如果可以,木埃言想就现在这样倒下。
他知道不是自己在舞动着肋差,而是这把妖刀在控制着他的身体不断战斗。
刀与拳头碰撞而产生的震动和身体上的疼痛还是能感觉得到的,不过比起这些来,木埃言对于对手的动作感知更加明显。
罪的出拳速度变慢了,越来越慢。
然后她像一只发条转尽的机巧人偶一样停下了。
她最后的拳头悬停在木埃言的侧面,就差几公分能贴到他的脸上。
木埃言得以松下一口气,重新掌握了身体主动权的他往后退了好几步,打了一个趔趄。
“我就说了,硬挨这么多下刀怎么可能会没事。”说完木埃言朝地上吐了口血沫。
罪静立在原地,松开了手中的拳头,放下了她仅剩的一条手臂。
这一次,黑影的手臂没能重新长出来。
但是她似乎是在笑着。
为什么?
“喂,就在这里死掉对于你来说算是一件没有任何意义的事情吧?”
木埃言半跪在地上说,他用肋差支撑着身体不至于倒下。
“你怎么想那是你的事情,人类,与我无关。”黑色人影纹丝不动,只有回答的声音从里面发出。
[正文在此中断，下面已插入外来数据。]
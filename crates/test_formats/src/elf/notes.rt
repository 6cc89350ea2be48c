//! Notes and their padding.

use elf_files::{ElfError, Note, Notes};
use std::process::Abort;

// Two notes: "GNU" with 2 bytes, and one without a name and with 1 byte.
const PADDED_TO_4: [u8; 36] = [
    0x04, 0x00, 0x00, 0x00, 0x02, 0x00, 0x00, 0x00, 0x07, 0x00, 0x00, 0x00, b'G', b'N', b'U', 0x00,
    0xaa, 0xbb, 0x00, 0x00, 0x00, 0x00, 0x00, 0x00, 0x01, 0x00, 0x00, 0x00, 0x08, 0x00, 0x00, 0x00,
    0xcc, 0x00, 0x00, 0x00,
];

// The same aligned to 8 bytes.
const PADDED_TO_8: [u8; 48] = [
    0x04, 0x00, 0x00, 0x00, 0x02, 0x00, 0x00, 0x00, 0x07, 0x00, 0x00, 0x00, b'G', b'N', b'U', 0x00,
    0xaa, 0xbb, 0x00, 0x00, 0x00, 0x00, 0x00, 0x00, 0x00, 0x00, 0x00, 0x00, 0x01, 0x00, 0x00, 0x00,
    0x08, 0x00, 0x00, 0x00, 0x00, 0x00, 0x00, 0x00, 0xcc, 0x00, 0x00, 0x00, 0x00, 0x00, 0x00, 0x00,
];

// The first of them, whose name has no end.
const UNENDED: [u8; 20] = [
    0x04, 0x00, 0x00, 0x00, 0x02, 0x00, 0x00, 0x00, 0x07, 0x00, 0x00, 0x00, b'G', b'N', b'U', b'S',
    0xaa, 0xbb, 0x00, 0x00,
];

const FIRST: Note<'static> = Note {
    name: b"GNU",
    kind: 7,
    descriptor: b"\xaa\xbb",
};

const SECOND: Note<'static> = Note {
    name: b"",
    kind: 8,
    descriptor: b"\xcc",
};

const WITHOUT_END: Note<'static> = Note {
    name: b"GNUS",
    kind: 7,
    descriptor: b"\xaa\xbb",
};

// Bytes, how many of them are read, an alignment, and the notes in them. The padding of the last note may be missing.
static LISTS: [(&[u8], usize, u64, &[Note<'static>]); 4] = [
    (&PADDED_TO_4, 36, 1, &[FIRST, SECOND]),
    (&PADDED_TO_8, 48, 8, &[FIRST, SECOND]),
    (&PADDED_TO_4, 33, 4, &[FIRST, SECOND]),
    (&UNENDED, 20, 4, &[WITHOUT_END]),
];

// The notes are these, and then there is none, or an error and none.
fn expect_notes(
    rt: &impl Abort,
    mut notes: Notes<'_>,
    expected: &[Note<'static>],
    error: Option<ElfError>,
) {
    for note in expected {
        assert!(rt; notes.next() == Ok(Some(*note)));
    }
    if let Some(error) = error {
        assert!(rt; notes.next() == Err(error));
    }
    assert!(rt; notes.next() == Ok(None));
}

#[test]
fn notes_in_bytes(rt: HostRuntime) {
    for (bytes, size, alignment, expected) in &LISTS {
        assert!(rt; *size <= bytes.len());
        expect_notes(&rt, Notes::new(&bytes[..*size], *alignment), expected, None);
    }
    let cut_off = Some(ElfError::Truncated { offset: 0x114 });
    for size in 21..33 {
        let notes = Notes::new_at(&PADDED_TO_4[..size], 4, 0x100);
        expect_notes(&rt, notes, &[FIRST], cut_off);
    }
}
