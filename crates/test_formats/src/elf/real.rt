//! Small shared objects, as readelf reads them, and the worked file.

use crate::elf::real_files::{AARCH64, FileSeen, STRIPPED, SectionSeen, X86_64};
use crate::elf::worked::{WORKED, WORKED_SEEN};
use elf_files::{ElfFile, Section, SectionKind, Segment, SegmentKind};
use std::process::Abort;

// Names that no section has.
static ABSENT: [&[u8]; 4] = [b".none", b".sym", b"symtab", b".symtab\0"];

// A section as readelf prints it, whose name is at this offset.
fn section_of(seen: &SectionSeen, name_offset: u32) -> Section {
    Section {
        name_offset,
        kind: seen.kind,
        flags: seen.flags,
        address: seen.address,
        offset: seen.offset,
        size: seen.size,
        link: seen.link,
        info: seen.info,
        alignment: seen.alignment,
        entry_size: seen.entry_size,
    }
}

fn check_sections(rt: &impl Abort, file: &ElfFile<'_>, seen: &FileSeen) {
    assert!(rt; file.section_count() == seen.sections.len() as u64);
    for (index, expected) in seen.sections.iter().enumerate() {
        let index = index as u64;
        assert!(rt; index < file.section_count());
        let section = file.section(index).expect(rt, "a section");
        assert!(rt;
            section == section_of(expected, section.name_offset),
            "{index}"
        );
        assert!(rt; file.section_name(&section) == Ok(expected.name), "{index}");
        assert!(rt;
            file.section_named(expected.name) == Ok(Some(section)),
            "{index}"
        );
    }
    for name in ABSENT {
        assert!(rt; file.section_named(name) == Ok(None));
    }
}

fn check_segments(rt: &impl Abort, file: &ElfFile<'_>, seen: &FileSeen) {
    assert!(rt; u64::from(file.segment_count()) == seen.segments.len() as u64);
    let mut index = 0;
    for expected in seen.segments {
        assert!(rt; index < file.segment_count());
        assert!(rt; file.segment(index) == Ok(*expected), "{index}");
        index += 1;
    }
}

#[test]
fn of_all_files(rt: HostRuntime) {
    for seen in [&WORKED_SEEN, &X86_64, &AARCH64, &STRIPPED] {
        let file = ElfFile::parse(seen.bytes).expect(&rt, "a file");
        assert!(rt; file.machine() == seen.machine && file.kind() == seen.kind);
        assert!(rt; file.entry() == seen.entry && file.build_id() == Ok(Some(seen.build_id)));
        check_sections(&rt, &file, seen);
        check_segments(&rt, &file, seen);
        for (address, function) in seen.functions {
            let found = file.symbol_for_address(*address);
            assert!(rt; found == Ok(*function), "{address:x}");
        }
    }
}

const NOTES: Segment = Segment {
    kind: SegmentKind::Note,
    flags: 4,
    offset: 0x208,
    address: 0x2208,
    file_size: 20,
    memory_size: 20,
    alignment: 4,
};

const SYMBOLS: Section = Section {
    name_offset: 15,
    kind: SectionKind::SymbolTable,
    flags: 0,
    address: 0,
    offset: 0x1d8,
    size: 48,
    link: 2,
    info: 1,
    alignment: 8,
    entry_size: 24,
};

#[test]
fn bytes(rt: HostRuntime) {
    let file = ElfFile::parse(&WORKED).expect(&rt, "a file");
    assert!(rt; file.segment_bytes(&NOTES) == Ok(&WORKED[0x208..0x21c]));
    assert!(rt; file.section_named(b".symtab") == Ok(Some(SYMBOLS)));
    assert!(rt; file.section_bytes(&SYMBOLS) == Ok(&WORKED[0x1d8..0x208]));
    let none = Section {
        kind: SectionKind::NoBits,
        ..SYMBOLS
    };
    assert!(rt; file.section_bytes(&none) == Ok(b"".as_slice()));
}
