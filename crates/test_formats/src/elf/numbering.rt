//! Counts and an index that only the section header at index 0 has.

use crate::elf::worked::worked_with;
use elf_files::ElfFile;

// Bytes of the worked file that are changed, and how many segments and sections it has then. Without a table there are none.
static COUNTS: [(&[(usize, u8)], u32, u64); 3] = [
    // e_phnum with sh_info, e_shnum with sh_size, and e_shstrndx with sh_link.
    (
        &[
            (56, 0xff),
            (57, 0xff),
            (0x78 + 44, 1),
            (60, 0),
            (0x78 + 32, 5),
            (62, 0xff),
            (63, 0xff),
            (0x78 + 40, 2),
        ],
        1,
        5,
    ),
    (&[(40, 0)], 1, 0),
    (&[(40, 0), (32, 0)], 0, 0),
];

#[test]
fn counts(rt: HostRuntime) {
    for (changes, segments, sections) in &COUNTS {
        let bytes = worked_with(changes);
        let file = ElfFile::parse(&bytes).expect(&rt, "a file");
        let counts = (file.segment_count(), file.section_count());
        assert!(rt; counts == (*segments, *sections), "{changes:?}");
        assert!(rt; file.header.names_index == 2, "{changes:?}");
    }
}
“我算是明白为什么说你是‘特别的存在’了,你果然很奇怪,不在乎别人想法的异想化......不以让他人认同为存在价值的‘异想’,到底是什么样的‘想法’?”
“闭嘴!用你手里的妖刀杀了我也不过是一眨眼的事情,哪里需要这么多废话,人类。”罪的语气里稍稍掺杂着烦躁。
“啊,那是因为我有必须要弄清楚的事情......在每一个很重要的疑问点的表面上你都有合适的理由,可是把你的理由穿贯穿起来却又特别的违和。”木埃言用手轻轻摩挲着肋差,他的血滴在了刀刃上,然后一点不沾的从刃尖滑落到地面。
“闭嘴,人类。”
“你不想听,那我就直接说结论好了——你是为了被杀掉,才会和我战斗的。”
这回罪没有再开口对木埃言说“闭嘴”。
真的是这样吗?木埃言完全不知道。
为什么罪要耗费时间和区区人类战斗?为什么拥有无比强大力量的异想化会和人类在同一力量层面上对等地互搏?为什么“消灭异想化一切之罪”的罪会在这里战败于一介人类少年的手上?.....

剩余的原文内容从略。